当事業に係る研究開発費は77億円となりました。
血液・細胞テクノロジーカンパニー
血液自動製剤システム「Reveos」が、米国食品医薬品局(FDA)の認証を取得しました。Reveosは、全血採血で集めたドナーの血液(全血)から、血小板製剤をはじめとする血液製剤を製造するためのシステムで、世界52カ国で使用されています。全血を遠心分離して血小板、血漿、赤血球等の成分に分け、専用の血液バッグに充填するまでの一連の工程を完全自動化することで、製剤化プロセスの効率を改善し、血液センターの生産性向上に貢献します。今回のFDA認証を受け、テルモは米国初の全血用の血液自動製剤システムとして、Reveosを米国内の血液センターに拡販していく予定です。

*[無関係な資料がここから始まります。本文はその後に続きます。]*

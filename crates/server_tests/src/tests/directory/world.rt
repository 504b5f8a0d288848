// A broker over a database in memory, and topics that are asked by lines.
ghost use Rattle.std.specs.Prelude.{◌≡◌};

use super::broker::Broker;
use super::chime::{Chime, bell};
use crate::tests::base::{keeper_over, terms};
use broker_dir::{Directory, Terms};
use broker_parts::Coming;
use delivery_machine::{Event, Fault, Reply, Retention};
use marks::{Naming, Unnamed};
use position_core::TopicName;
use replay_lines::{Line, read_line};
use session_links::Request;
use sqlite::MemStore;
use std::marker::Brand;
use std::process::Abort;
use std::rt::Clock;
use std::sync::{Arc, Wait};
use stored_cell::Note;
use topic_core::TopicCore;
use value_texts::read_topic_name;

/// What is done over a database that has no rows.
pub(super) trait Scene {
    fn play<D: Broker, R: Abort + AllocGlobal + Wait + Clock>(&self, rt: &R, keeper: D::Rows);
}

fn run<J: Naming, X: Scene, R: Abort + AllocGlobal + Wait + Clock>(
    rt: &R,
    history: Unnamed<Note>,
    scene: &X,
)
    requires { history ≡ J.book }
{
    scene.play::<Directory<TopicCore, MemStore, J, Chime>, R>(rt, keeper_over(rt, history));
}

/// Plays the scene over a database that has no rows.
pub(super) fn with_rows<X: Scene, R: Abort + AllocGlobal + Wait + Clock>(rt: &R, scene: &X) {
    run::<Brand, X, R>(rt, Unnamed::new(), scene);
}

pub(super) fn open_with<D: Broker, R: AllocGlobal>(rt: &R, keeper: D::Rows, terms: Terms) -> D {
    D::open_over(rt, keeper, terms, Retention::All)
}

/// A topic that has no rule of its own keeps what this one says.
pub(super) fn open_keeping<D: Broker, R: Abort + AllocGlobal>(
    rt: &R,
    keeper: D::Rows,
    retention: Retention,
) -> D {
    D::open_over(rt, keeper, terms(rt, 8), retention)
}

/// So many may sit at a topic.
pub(super) fn open<D: Broker, R: Abort + AllocGlobal>(rt: &R, keeper: D::Rows, seats: u32) -> D {
    open_with(rt, keeper, terms(rt, seats))
}

pub(super) fn topic_name<R: Abort + AllocGlobal>(rt: &R, text: &str) -> TopicName {
    let name = read_topic_name(rt.alloc(), text);
    name.expect(rt, "no memory").expect(rt, "no name")
}

/// What an attach comes to, which leaves this bell. A topic that is to be opened first counts as one that is not there.
pub(super) fn come<D: Broker, R: Abort + AllocGlobal + Wait>(
    rt: &R,
    topics: &D,
    name: &TopicName,
    create: bool,
    chime: Arc<Chime>,
) -> Result<D::Seat, Fault> {
    match topics.attach(rt, name, create, chime) {
        Ok(Coming::Seated(seat)) => Ok(seat),
        Ok(Coming::Waits(waiter)) => {
            waiter.leave(rt);
            Err(Fault::NoSession)
        }
        Err(fault) => Err(fault),
    }
}

/// A seat at the topic, which is made where it is not known.
pub(super) fn sit<D: Broker, R: Abort + AllocGlobal + Wait>(
    rt: &R,
    topics: &D,
    name: &str,
) -> D::Seat {
    let attached = come(rt, topics, &topic_name(rt, name), true, bell(rt));
    attached.ok().expect(rt, "no seat, or no memory")
}

pub(super) fn event_in<R: AllocGlobal>(rt: &R, name: &TopicName, line: &str) -> Option<Event> {
    match read_line(rt.alloc(), name, line.as_bytes()) {
        Ok(Line::Event(event)) => Some(event),
        _ => None,
    }
}

pub(super) fn answer_to<D: Broker, R: Abort + AllocGlobal + Wait>(
    rt: &R,
    topics: &D,
    seat: &D::Seat,
    line: &str,
) -> Result<Reply, Fault> {
    let event = event_in(rt, topics.topic_of(seat), line);
    let event = event.expect(rt, "no event, or no memory");
    topics.call(rt, seat, Request::Event(event))
}

/// What the topic answers to the line.
pub(super) fn asked<D: Broker, R: Abort + AllocGlobal + Wait>(
    rt: &R,
    topics: &D,
    seat: &D::Seat,
    line: &str,
) -> Reply {
    let answer = answer_to(rt, topics, seat, line);
    answer.ok().expect(rt, "no answer, or no memory")
}

/// Whether nothing is left to do after a hundred tasks.
fn is_settled<D: Broker, R: Wait + Clock>(rt: &R, topics: &D, tasks: &mut D::Tasks) -> bool {
    for _ in 0..100 {
        if !topics.keep_once(rt, tasks) {
            return true;
        }
    }
    false
}

/// All that waits is stored, and all couriers go as far as they can.
pub(super) fn settle<D: Broker, R: Abort + AllocGlobal + Wait + Clock>(rt: &R, topics: &D) {
    let mut tasks = D::tasks(rt);
    let is_settled = is_settled(rt, topics, &mut tasks);
    drop(tasks);
    assert!(rt; is_settled);
}
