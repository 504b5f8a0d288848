// Nobody sleeps for want of memory. Run with each allocation refused in turn (bench/memory), this shows that a message is
// stored and a letter is moved although nobody asks for anything meanwhile; only what comes before and after ends the run.
use super::broker::Broker;
use super::chime::{Chime, bell};
use super::letters::{BEFORE, DEATH, GRAVE, T};
use super::world::{Scene, asked, come, event_in, open, sit, topic_name, with_rows};
use delivery_machine::{Fault, Reply};
use session_bells::Rest;
use session_links::Request;
use std::process::Abort;
use std::rt::Clock;
use std::sync::{Arc, Wait};
use std::test::*;
use std::thread;
use std::time::Duration;

/// What the topic answers. A refusal for want of memory ends the run.
fn must<D: Broker, R: Abort + AllocGlobal + Wait>(
    rt: &R,
    topics: &D,
    seat: &D::Seat,
    line: &str,
) -> Reply {
    let reply = asked(rt, topics, seat, line);
    assert!(rt;
        !matches!(reply, Reply::Refused(Fault::NoMemory)),
        "no memory"
    );
    assert!(rt; !matches!(reply, Reply::Refused(_)), "{}", line);
    reply
}

fn must_all<D: Broker, R: Abort + AllocGlobal + Wait>(
    rt: &R,
    topics: &D,
    seat: &D::Seat,
    lines: &[&str],
) {
    for line in lines {
        drop(must(rt, topics, seat, line));
    }
}

/// A seat, and its bell.
fn sit_with<D: Broker, R: Abort + AllocGlobal + Wait>(
    rt: &R,
    topics: &D,
    chime: &Arc<Chime>,
) -> D::Seat {
    let chime = Arc::try_clone(chime).expect(rt, "no memory");
    let attached = come(rt, topics, &topic_name(rt, T), true, chime);
    attached.ok().expect(rt, "no memory for a seat")
}

/// The thread's tasks until it has none now.
fn do_all<D: Broker, R: Wait + Clock>(rt: &R, topics: &D, errands: &mut D::Tasks) {
    for _ in 0..100 {
        if !topics.keep_once(rt, errands) {
            return;
        }
    }
}

/// Whether the bell rings within a second, in which nobody asks for anything.
fn rings<D: Broker, R: Wait + Clock>(
    rt: &R,
    topics: &D,
    errands: &mut D::Tasks,
    chime: &Chime,
) -> bool {
    for _ in 0..50 {
        do_all(rt, topics, errands);
        if chime.is_rung() {
            return true;
        }
        thread::sleep(rt, Duration::from_millis(20));
    }
    false
}

/// Whether no letter is left. A look may be what memory is refused for; another comes.
fn has_moved<D: Broker, R: AllocGlobal + Wait>(rt: &R, topics: &D, seat: &D::Seat) -> bool {
    let Some(event) = event_in(rt, topics.topic_of(seat), "stats s") else {
        return false;
    };
    matches!(
        topics.call(rt, seat, Request::Event(event)),
        Ok(Reply::Stats { dead: 0, .. })
    )
}

/// Whether the letter is moved, or the store has failed, within a second, in which nobody asks for anything that changes a
/// topic.
fn moves<D: Broker, R: AllocGlobal + Wait + Clock>(
    rt: &R,
    topics: &D,
    errands: &mut D::Tasks,
    seat: &D::Seat,
) -> bool {
    for _ in 0..50 {
        do_all(rt, topics, errands);
        if topics.is_closed() || has_moved(rt, topics, seat) {
            return true;
        }
        thread::sleep(rt, Duration::from_millis(20));
    }
    false
}

/// A store that was refused memory in the midst of a statement has failed, of which all are told (F16): that ends the run.
fn check_open<D: Broker, R: Abort>(rt: &R, topics: &D) {
    assert!(rt; !topics.is_closed(), "no memory for the store");
}

/// The message is stored, and its publisher is rung.
fn check_stored<D: Broker, R: Abort + Wait + Clock>(
    rt: &R,
    topics: &D,
    errands: &mut D::Tasks,
    chime: &Chime,
) {
    let is_rung = rings(rt, topics, errands, chime);
    check_open(rt, topics);
    assert!(rt; is_rung, "the message is not stored");
}

/// The letter is moved.
fn check_moved<D: Broker, R: Abort + AllocGlobal + Wait + Clock>(
    rt: &R,
    topics: &D,
    errands: &mut D::Tasks,
    seat: &D::Seat,
) {
    let is_moved = moves(rt, topics, errands, seat);
    check_open(rt, topics);
    assert!(rt; is_moved, "the letter lies");
}

/// The dead-letter topic has the letter, once.
fn check_letter<D: Broker, R: Abort + AllocGlobal + Wait>(rt: &R, topics: &D) {
    let seat = sit(rt, topics, GRAVE);
    let lines = [
        "subscribe g Shared 0 push:10 0 0 0 - Earliest",
        "dispatch g 2000",
        "dispatch g 2000",
    ];
    must_all(rt, topics, &seat, &lines);
    let reply = must(rt, topics, &seat, "collect 1");
    assert!(rt; matches!(&reply, Reply::Copies(copies) if copies.as_slice().len() == 1));
    drop(reply);
    topics.detach(rt, seat);
}

#[derive(Drop)]
struct Wanting;

impl Scene for Wanting {
    fn play<D: Broker, R: Abort + AllocGlobal + Wait + Clock>(&self, rt: &R, keeper: D::Rows) {
        let topics: D = open(rt, keeper, 8);
        let chime = bell(rt);
        let seat = sit_with(rt, &topics, &chime);
        must_all(rt, &topics, &seat, &BEFORE);
        let rest = Rest {
            durable: Some(1),
            messages: false,
        };
        assert!(rt; topics.rest(rt, &seat, rest));
        let mut errands = D::tasks(rt);
        check_stored(rt, &topics, &mut errands, &chime);
        must_all(rt, &topics, &seat, &DEATH);
        check_moved(rt, &topics, &mut errands, &seat);
        check_letter(rt, &topics);
        topics.detach(rt, seat);
        drop(errands);
        drop(topics);
    }
}

#[test]
fn nobody_sleeps_for_want_of_memory(rt: HostRuntime) {
    with_rows(&rt, &Wanting);
}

また、公益財団法人京都大学iPS細胞研究財団と共同で、iPS細胞培養および分化の自動化を確立するための研究を開始することを発表しました。テルモBCTの細胞増殖システム「Quantum Flex」を用いることで、将来のiPS細胞を用いた治療のための適切な自動培養工程の確立を目指します。iPS細胞の培養は複雑な手順に基づき専門家が手作業で実施しており、臨床用iPS細胞の製造にかかる莫大な時間と費用が課題となっています。今回の共同研究では、Quantum Flexを細胞培養に活用し、iPS細胞の一貫した大規模生産と、汚染リスクが低減された閉鎖環境で細胞培養の自動化とその工程の確立を目指します。
当事業に係る研究開発費は128億円となりました。
その他
研究開発部門はグループの成長に貢献する中長期的テーマの探索に取り組むとともに、比較的短期的な商品・サービス開発にも寄与するコア技術の深化を進めてきました。その中で、経営戦略との一貫性および成長性の観点から複数の新しい有力テーマが創出されました。テーマの新陳代謝を図るとともに、これら有力テーマは事業出口を見据えてグローバルに最適な場所と体制で育てていきます。同じくコア技術もグローバルに展開する事業体に幅広く提供するための仕組みを整備しました。引き続き医療課題を解決するデバイス技術、それを具現する製造技術とマテリアル技術が絡まり合って差異化を生み出すような深い技術体系の構築を目指していきます。
デジタルトランスフォーメーション(DX)については、米国拠点を設けて、DX推進室の活動の重点を最先端市場である米国に移し、デジタルヘルスのスタートアップを探索し、投資・買収の機会をうかがっています。加えて、グループ内のデジタルソリューション事業に関わるテーマを全て把握し、その数をKPIとしてモニターできるようになりました。それらを支えるための能力強化にも取り組んでおり、特に本社内でも分散していたデジタル人財を統合する準備が完了しました。
なお、当連結会計年度の研究開発費総額には、各事業分野に配分できない基礎研究費用79億円が含まれております。